→ Work instruction
Each line of the entries below that includes "looks" belongs in your answer.
━━ Data records
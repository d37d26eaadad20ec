//! The product of a machine and an automaton: pairs of states that are met together.

use crate::machine::{Machine, points};
use crate::numbers::{Allocated, NONE, at, count, put, spend};
use crate::steps::{GameStep, Steps};
use pg_search_components::TargetRows;
use std::alloc::Global;

/// The most pairs that there may be numbers for.
const MAX_PAIRS: u64 = 1 << 20;

/// A product. Pairs are numbered in the order in which they are met.
#[derive(Drop)]
pub struct MachineProduct {
    /// The machine's state of each pair; `besides` has the automaton's.
    pub states: Vec<u32>,
    pub besides: Vec<u32>,
    /// The number of each pair, or `NONE`.
    numbers: Vec<u32>,
    width: u32,
}

impl MachineProduct {
    /// Returns the product of a machine, from the pairs of `starts` on. `None` if the automaton has no edge for a step, if there are more
    /// than `most` pairs, or if it takes too long, as with too many pairs to number.
    pub fn of(
        machine: &Machine,
        steps: &Steps,
        starts: &[(u32, u32)],
        most: u32,
        looks: &mut u64,
    ) -> Allocated<Option<MachineProduct>> {
        let many = (machine.states as u64).saturating_mul(steps.states as u64);
        if many > MAX_PAIRS || !spend(looks, many / 16) {
            *looks = 0;
            return Ok(None);
        }
        let mut product = MachineProduct {
            states: Vec::new(steps.alloc),
            besides: Vec::new(steps.alloc),
            numbers: vec![in steps.alloc; NONE; many as usize]?,
            width: steps.states,
        };
        for (state, beside) in starts {
            product.meet(*state, *beside)?;
        }
        for place in 0..u32::MAX {
            let state = at(&product.states, place);
            if state == NONE {
                break;
            }
            if count(product.states.len()) > most {
                return Ok(None);
            }
            for point in points(state, machine.inputs) {
                let step = machine.step(steps, at(&product.besides, place), point);
                if step.target == NONE || !spend(looks, 1) {
                    return Ok(None);
                }
                product.meet(at(&machine.nexts, point), step.target)?;
            }
        }
        Ok(Some(product))
    }

    pub fn len(&self) -> u32 {
        count(self.states.len())
    }

    /// Returns the number of a pair, or `NONE`.
    pub fn number(&self, state: u32, beside: u32) -> u32 {
        at(
            &self.numbers,
            state.wrapping_mul(self.width).wrapping_add(beside),
        )
    }

    /// Numbers a pair, unless it is known.
    fn meet(&mut self, state: u32, beside: u32) -> Allocated<()> {
        if self.number(state, beside) == NONE {
            let place = state.wrapping_mul(self.width).wrapping_add(beside);
            put(&mut self.numbers, place, count(self.states.len()));
            self.states.push(state)?;
            self.besides.push(beside)?;
        }
        Ok(())
    }

    /// Returns all runs, as steps from pair to pair with no outputs to choose.
    pub fn steps(&self, machine: &Machine, steps: &Steps) -> Allocated<Steps> {
        let mut table = Vec::new(steps.alloc);
        for (state, beside) in self.states.iter().zip(&self.besides) {
            for point in points(*state, machine.inputs) {
                let step = machine.step(steps, *beside, point);
                let target = self.number(at(&machine.nexts, point), step.target);
                let priority = step.priority;
                table.push(GameStep { target, priority })?;
            }
        }
        Ok(Steps {
            alloc: steps.alloc,
            states: count(self.states.len()),
            start: 0,
            inputs: steps.inputs,
            outputs: 0,
            table,
        })
    }
}

/// Returns for each number below `many` its places in a list.
pub fn places_of(alloc: Global, numbers: &[u32], many: u32) -> Allocated<TargetRows> {
    let mut rows = TargetRows::with_capacity(alloc, 0)?;
    rows.clear(many)?;
    for number in numbers {
        rows.count(*number);
    }
    rows.make_room()?;
    for place in (0..count(numbers.len())).rev() {
        rows.put(at(numbers, place), place);
    }
    Ok(rows)
}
━━━━
→ Response area
        looks: &mut u64,
        if many > MAX_PAIRS || !spend(looks, many / 16) {
            *looks = 0;
                if step.target == NONE || !spend(looks, 1) {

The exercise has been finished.